(Items from a dataset)
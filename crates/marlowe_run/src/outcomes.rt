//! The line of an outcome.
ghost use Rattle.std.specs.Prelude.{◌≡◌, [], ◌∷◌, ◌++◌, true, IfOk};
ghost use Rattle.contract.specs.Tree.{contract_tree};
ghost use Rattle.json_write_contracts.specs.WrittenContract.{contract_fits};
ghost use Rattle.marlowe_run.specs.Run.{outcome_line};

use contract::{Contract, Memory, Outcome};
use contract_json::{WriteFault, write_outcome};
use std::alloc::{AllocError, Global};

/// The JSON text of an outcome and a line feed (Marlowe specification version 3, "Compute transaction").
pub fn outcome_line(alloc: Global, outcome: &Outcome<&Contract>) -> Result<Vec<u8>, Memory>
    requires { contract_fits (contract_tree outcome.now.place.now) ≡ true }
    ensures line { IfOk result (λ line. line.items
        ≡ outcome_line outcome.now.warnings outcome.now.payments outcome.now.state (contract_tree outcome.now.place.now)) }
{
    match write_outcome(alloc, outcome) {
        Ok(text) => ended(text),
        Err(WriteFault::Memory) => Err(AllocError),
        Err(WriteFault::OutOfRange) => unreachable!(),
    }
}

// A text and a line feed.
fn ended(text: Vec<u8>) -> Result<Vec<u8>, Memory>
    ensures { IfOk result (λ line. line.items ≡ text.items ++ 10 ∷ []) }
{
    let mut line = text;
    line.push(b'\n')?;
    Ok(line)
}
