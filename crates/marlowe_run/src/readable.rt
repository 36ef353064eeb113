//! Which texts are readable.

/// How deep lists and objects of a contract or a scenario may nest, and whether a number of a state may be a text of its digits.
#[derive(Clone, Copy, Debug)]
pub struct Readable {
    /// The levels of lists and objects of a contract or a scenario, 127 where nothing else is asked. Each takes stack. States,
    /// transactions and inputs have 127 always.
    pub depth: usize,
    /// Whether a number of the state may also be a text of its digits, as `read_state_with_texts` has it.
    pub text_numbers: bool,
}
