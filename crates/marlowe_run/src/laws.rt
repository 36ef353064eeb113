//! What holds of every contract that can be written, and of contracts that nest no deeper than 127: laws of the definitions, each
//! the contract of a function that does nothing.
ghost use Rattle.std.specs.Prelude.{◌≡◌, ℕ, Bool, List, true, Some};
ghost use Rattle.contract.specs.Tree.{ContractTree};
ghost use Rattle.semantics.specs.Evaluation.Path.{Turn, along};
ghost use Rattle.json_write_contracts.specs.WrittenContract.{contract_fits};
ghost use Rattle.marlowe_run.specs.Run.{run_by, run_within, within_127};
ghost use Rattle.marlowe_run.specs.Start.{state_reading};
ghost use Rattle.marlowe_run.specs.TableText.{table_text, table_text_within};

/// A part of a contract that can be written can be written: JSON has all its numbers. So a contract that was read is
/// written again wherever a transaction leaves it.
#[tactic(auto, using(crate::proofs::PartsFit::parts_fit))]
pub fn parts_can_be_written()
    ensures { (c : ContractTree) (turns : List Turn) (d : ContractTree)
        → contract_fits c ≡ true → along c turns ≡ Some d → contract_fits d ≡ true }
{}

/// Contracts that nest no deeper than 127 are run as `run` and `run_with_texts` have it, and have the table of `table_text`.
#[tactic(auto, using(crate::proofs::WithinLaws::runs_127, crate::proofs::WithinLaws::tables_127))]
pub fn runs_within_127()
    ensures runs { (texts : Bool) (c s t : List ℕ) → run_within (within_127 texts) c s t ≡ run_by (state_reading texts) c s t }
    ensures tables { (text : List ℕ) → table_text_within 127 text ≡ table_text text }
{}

...

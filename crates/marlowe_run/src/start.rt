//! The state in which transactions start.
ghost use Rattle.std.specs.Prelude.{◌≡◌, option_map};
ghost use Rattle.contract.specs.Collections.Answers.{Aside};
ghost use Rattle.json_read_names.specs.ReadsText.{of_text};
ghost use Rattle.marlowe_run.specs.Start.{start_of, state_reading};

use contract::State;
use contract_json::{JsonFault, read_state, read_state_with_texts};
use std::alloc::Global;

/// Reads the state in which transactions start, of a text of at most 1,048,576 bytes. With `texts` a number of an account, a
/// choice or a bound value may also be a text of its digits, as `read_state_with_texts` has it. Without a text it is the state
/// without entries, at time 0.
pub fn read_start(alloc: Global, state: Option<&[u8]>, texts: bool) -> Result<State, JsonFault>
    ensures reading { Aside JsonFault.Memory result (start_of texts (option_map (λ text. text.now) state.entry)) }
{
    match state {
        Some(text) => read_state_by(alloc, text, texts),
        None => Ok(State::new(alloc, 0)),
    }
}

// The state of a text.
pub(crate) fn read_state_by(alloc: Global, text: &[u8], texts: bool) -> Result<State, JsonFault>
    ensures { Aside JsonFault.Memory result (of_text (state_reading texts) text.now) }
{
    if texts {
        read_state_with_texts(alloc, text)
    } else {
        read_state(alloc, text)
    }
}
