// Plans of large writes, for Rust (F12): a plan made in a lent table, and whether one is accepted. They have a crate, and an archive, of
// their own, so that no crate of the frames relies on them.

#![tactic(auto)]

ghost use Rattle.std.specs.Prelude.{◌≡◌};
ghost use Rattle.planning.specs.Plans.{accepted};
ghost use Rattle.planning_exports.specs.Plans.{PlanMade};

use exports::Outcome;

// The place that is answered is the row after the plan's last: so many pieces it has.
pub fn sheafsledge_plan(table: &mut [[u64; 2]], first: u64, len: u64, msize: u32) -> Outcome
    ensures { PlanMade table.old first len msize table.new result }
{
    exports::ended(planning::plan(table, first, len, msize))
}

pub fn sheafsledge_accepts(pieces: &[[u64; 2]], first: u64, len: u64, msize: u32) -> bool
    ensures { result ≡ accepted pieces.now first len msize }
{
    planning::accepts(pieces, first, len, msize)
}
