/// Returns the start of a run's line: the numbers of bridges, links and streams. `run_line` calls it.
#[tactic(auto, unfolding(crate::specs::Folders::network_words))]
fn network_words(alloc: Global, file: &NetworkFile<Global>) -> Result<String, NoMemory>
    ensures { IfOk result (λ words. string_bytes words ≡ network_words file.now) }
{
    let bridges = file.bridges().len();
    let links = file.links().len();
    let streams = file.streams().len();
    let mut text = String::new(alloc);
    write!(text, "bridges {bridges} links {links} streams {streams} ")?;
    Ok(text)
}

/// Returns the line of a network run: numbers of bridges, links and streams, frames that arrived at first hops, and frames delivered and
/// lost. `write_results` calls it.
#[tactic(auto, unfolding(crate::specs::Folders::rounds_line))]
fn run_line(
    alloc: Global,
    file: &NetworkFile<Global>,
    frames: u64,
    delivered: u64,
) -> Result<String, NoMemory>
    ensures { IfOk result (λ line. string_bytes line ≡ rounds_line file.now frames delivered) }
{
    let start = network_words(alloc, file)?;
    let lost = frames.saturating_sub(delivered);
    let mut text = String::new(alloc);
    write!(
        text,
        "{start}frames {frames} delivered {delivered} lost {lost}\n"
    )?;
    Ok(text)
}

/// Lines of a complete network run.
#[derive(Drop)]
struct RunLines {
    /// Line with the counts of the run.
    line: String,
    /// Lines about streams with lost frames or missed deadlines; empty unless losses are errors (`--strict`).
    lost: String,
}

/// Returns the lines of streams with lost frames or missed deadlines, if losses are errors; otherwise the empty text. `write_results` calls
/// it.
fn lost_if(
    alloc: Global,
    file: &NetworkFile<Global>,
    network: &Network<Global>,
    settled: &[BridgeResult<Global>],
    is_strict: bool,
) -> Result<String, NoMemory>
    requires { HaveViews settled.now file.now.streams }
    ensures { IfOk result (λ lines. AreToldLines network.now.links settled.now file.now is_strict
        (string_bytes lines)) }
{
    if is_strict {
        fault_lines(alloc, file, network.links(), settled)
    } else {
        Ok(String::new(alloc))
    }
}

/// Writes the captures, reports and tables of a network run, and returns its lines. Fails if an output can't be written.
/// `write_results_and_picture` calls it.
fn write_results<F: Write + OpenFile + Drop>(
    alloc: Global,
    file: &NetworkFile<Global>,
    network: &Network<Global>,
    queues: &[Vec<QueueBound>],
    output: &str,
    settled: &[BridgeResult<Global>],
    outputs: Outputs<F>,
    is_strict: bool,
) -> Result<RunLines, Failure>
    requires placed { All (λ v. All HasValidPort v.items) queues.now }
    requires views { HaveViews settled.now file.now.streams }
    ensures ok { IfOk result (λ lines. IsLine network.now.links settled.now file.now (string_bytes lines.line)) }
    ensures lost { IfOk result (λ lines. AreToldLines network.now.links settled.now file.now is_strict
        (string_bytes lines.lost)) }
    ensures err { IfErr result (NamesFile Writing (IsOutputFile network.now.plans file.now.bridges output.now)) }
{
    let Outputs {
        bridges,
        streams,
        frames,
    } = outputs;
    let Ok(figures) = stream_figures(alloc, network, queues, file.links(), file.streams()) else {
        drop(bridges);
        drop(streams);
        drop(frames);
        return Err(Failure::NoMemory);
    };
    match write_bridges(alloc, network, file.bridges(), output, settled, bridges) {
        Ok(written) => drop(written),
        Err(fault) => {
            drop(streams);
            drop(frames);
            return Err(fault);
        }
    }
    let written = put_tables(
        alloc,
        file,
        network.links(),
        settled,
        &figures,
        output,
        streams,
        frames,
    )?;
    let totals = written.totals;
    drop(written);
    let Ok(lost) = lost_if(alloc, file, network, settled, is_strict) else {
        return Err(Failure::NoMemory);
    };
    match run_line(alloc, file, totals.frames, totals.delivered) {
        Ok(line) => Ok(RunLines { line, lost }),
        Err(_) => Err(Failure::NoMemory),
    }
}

**WORK INSTRUCTION**
All lines of the records above that contain the word "IfOk" are to be copied out.

**TASK RESULT**
ghost use Rattle.std.specs.Prelude.{◌≡◌, [], ◌∷◌, ◌++◌, true, IfOk};
    ensures line { IfOk result (λ line. line.items
    ensures { IfOk result (λ line. line.items ≡ text.items ++ 10 ∷ []) }
    ensures { IfOk result (λ words. string_bytes words ≡ network_words file.now) }
    ensures { IfOk result (λ line. string_bytes line ≡ rounds_line file.now frames delivered) }
    ensures { IfOk result (λ lines. AreToldLines network.now.links settled.now file.now is_strict
    ensures ok { IfOk result (λ lines. IsLine network.now.links settled.now file.now (string_bytes lines.line)) }
    ensures lost { IfOk result (λ lines. AreToldLines network.now.links settled.now file.now is_strict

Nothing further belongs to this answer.